Search code examples

How to get better compression performance from external files for Amazon S3?

The 3 entries below are from a report. How should I handle compression performance for these files for Amazon S3? I know how to do gzip for S3. But the three files below present a more restrictive situation.

I don't have access to mailchimp's css file. Is there some way to get better compression performance in this case?

I periodically update my Thesis theme, which will change the css.css file shown below. I can't version that file since I need to use the name css.css. Is there some technique to handle this scenario?

Compressing could save 20.5KiB (79% reduction)

Compressing could save 1.1KiB (60% reduction)

Compressing could save 374B (48% reduction


  • Yeah, this is a pretty common question. If you serve static files from a traditional HTTP daemon like Apache, the content is actually compressed on-the-fly via mod_deflate--it transparently gzip's the file and sets the appropriate Content-Encoding header.

    If you want to do this off of S3, you have to manually gzip the files before uploading them (normally named something like cool-stylesheet.gz.css) and then set a custom Content-Encoding property on the S3 object like this:

    enter image description here

    This can be tedious to do by hand, so we actually do it automatically as part of our continuous integration build process. A post-commit hook in our source control fires, executing several build steps (including this one), and then the resulting files are deployed to the proper environment.


    It seems that you meant to describe a problem with Cloudfront, not S3. Since Cloudfront is a CDN and it caches files at it's edge locations, you have to force it to refetch the latest version of a file when it changes. There are two ways to do this: invalidate the cache or use filename versioning.

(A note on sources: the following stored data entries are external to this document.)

// The words of a plan, made and taken apart. A word is taken apart here alone; the trials make words by adding a number to the first of its kind.
#![tactic(auto)]

ghost use Rattle.std.specs.Prelude.{◌≡◌, ◌<◌};
ghost use Rattle.rules.specs.PlanWords.{number_of, vehicle_word, stop_word, tip_word, rest_word, back_word, left_word, word_of};
ghost use Rattle.plan_words.specs.Indexes.{IndexFrom};
ghost use Rattle.plan_words.specs.Reading.{meaning};

// The word of each kind with number 0.
pub const VEHICLE: u32 = 0xA0000000;

pub const STOP: u32 = 0xB0000000;

pub const TIP: u32 = 0xC0000000;

pub const REST: u32 = 0xD0000000;

pub const BACK: u32 = 0xE0000000;

const LEFT: u32 = 0xF0000000;

// The kinds that carry a number, with the zero bits behind them: bits 31-8 of a word.
const VEHICLE_KIND: u32 = VEHICLE / 0x100;

const STOP_KIND: u32 = STOP / 0x100;

const TIP_KIND: u32 = TIP / 0x100;

const LEFT_KIND: u32 = LEFT / 0x100;

// The number of a word, in bits 7-0.
pub fn number(word: u32) -> u32
    ensures { result ≡ number_of word }
{
    word % 0x100
}

// What a word says, with its number.
#[derive(Clone, Copy)]
pub enum PlanWord {
    Vehicle(u32),
    Stop(usize),
    Tip(usize),
    Rest,
    Back,
    Left(u32),
}

// A word taken apart; none where it is of no kind.
pub fn read_word(word: u32) -> Option<PlanWord>
    ensures { meaning result ≡ word_of word }
{
    let number = number(word);
    match word / 0x100 {
        VEHICLE_KIND => Some(PlanWord::Vehicle(number)),
        STOP_KIND => Some(PlanWord::Stop(number as usize)),
        TIP_KIND => Some(PlanWord::Tip(number as usize)),
        LEFT_KIND => Some(PlanWord::Left(number)),
        _ => match word {
            REST => Some(PlanWord::Rest),
            BACK => Some(PlanWord::Back),
            _ => None,
        },
    }
}

// The number of a stop's word less one; of any other word something that is no number of a stop less one. Kind and number are one range
// of words, so that one test against the number of stops tells both.
pub fn stop_index(word: u32) -> u32
    ensures { IndexFrom (stop_word 1) word result }
{
    word.wrapping_sub(STOP + 1)
}

// The same for a tip's word. One function for both would be no plainer: each is one difference from a constant.
pub fn tip_index(word: u32) -> u32
    ensures { IndexFrom (tip_word 1) word result }
{
    word.wrapping_sub(TIP + 1)
}

// The word of each kind with a number. One function over the kinds would be no plainer: each is one sum with a constant.
pub fn vehicle_word(number: u32) -> u32
    requires { number < 256 }
    ensures { result ≡ vehicle_word number }
{
    VEHICLE + number
}

pub fn stop_word(stop: usize) -> u32
    requires { stop < 256 }
    ensures { result ≡ stop_word stop }
{
    STOP + stop as u32
}

pub fn tip_word(tip: usize) -> u32
    requires { tip < 256 }
    ensures { result ≡ tip_word tip }
{
    TIP + tip as u32
}

pub fn left_word(stop: usize) -> u32
    requires { stop < 256 }
    ensures { result ≡ left_word stop }
{
    LEFT + stop as u32
}
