//! Which beans are enabled (Jakarta CDI 4.0, *Enabled and disabled beans*).
#![tactic(auto)]

mod class_places;
pub mod enabled_managed;
pub mod enabled_set;
pub mod laws;
pub mod listed_bean;
pub mod managed_bean;
mod managed_beans;

pub use enabled_managed::EnabledManaged;
pub use enabled_set::{EnabledSet, enabled};
pub use listed_bean::ListedBean;
pub use managed_bean::ManagedBean;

    Invalidating the cache is slow and can get really expensive. After the first 1,000 invalidation requests per month, it costs a nickel for every 10 files invalidated thereafter.

    A better option is to version the filenames by appending a unique identifier before they are pulled into Cloudfront. We typically use the Unix epoch of when the file was last updated. So cool-stylesheet.gz.css becomes cool-stylesheet_1363872846.gz.css. In the HTML document you then reference it like normal: <link rel="stylesheet" type="text/css" href="cool-stylesheet_1363872846.gz.css"> This will cause Cloudfront to refetch the updated file from your origin when a user opens that updated HTML document.

    As I mentioned above regarding S3, this is too is a tedious thing to do manually: You'd have to rename all of your files and search/replace all references to them in the source HTML documents. It makes more sense to make it part of your CI build process. If you're not using a CI server though, you might be able to do this with a commit hook in your source repository.